Pre-clinical investigation of three newly-synthesized derivatives of 6H-indolo[2,3-b]quinoxaline was conducted. Low toxicity of the compounds in vitro and in vivo, prophylactic antiviral activity against RNA- and DNA-containing viruses in vitro, IFN-inducing potential, both in cell cultures and on rodent models were demonstrated. Compounds' effect upon the immune system of laboratory animals was studied. Tested derivatives influenced production of IFN and other cytokines.

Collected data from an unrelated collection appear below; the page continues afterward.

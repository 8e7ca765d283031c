//! What is said of a court's file, a line for each fault and each warning.

mod fault_lines;
mod hints;
mod near_key;
mod period_lines;
mod report;
mod sheet;
mod short_lines;
mod syntax_lines;
mod warning_lines;

pub use report::{Report, report_of};
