//! All that is wrong with a court's file, and what may be wrong with it.
#![tactic(auto)]

mod check;
mod faults;
mod laws;
mod places;
mod report;
mod review;
mod warnings;

pub use check::{Checked, check_file};
pub use faults::names::is_named;
pub use faults::{Fault, What};
pub use laws::{faults_begin_with_the_courts, review_is_exact, review_is_in_order};
pub use places::{Mark, Part, Place, Places, key_of, place_at};
pub use report::{Report, report_of};
pub use review::{DayTest, Due, days_that, due_on};
pub use warnings::names::Alike;
pub use warnings::slips::Slip;
pub use warnings::zone::ZoneDoubt;
pub use warnings::{Asked, Warnings};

Three investigated indoloquinoxalines potentiated phagocytic and metabolic activity of circulating neutrophils, monocytes and peritoneal macrophages, increased the percentage of NK-cells among lymphocytes, which contributed to manifestation of their antiviral effects. Compared to official antiviral drug Amixin, tested derivatives induced prolonged IFN-production with minimal impact on pro-inflammatory markers: number of monocytes and neutrophils in blood, activity of the complement system, the level of monocyte-chemotactic protein-1 and activity of circulating phagocytes. On the model of system infection, caused by Vesicular Stomatitis Indiana virus, and in case of herpetic meningoencephalitis, investigated compounds fully protected animals from sublethal viral doses.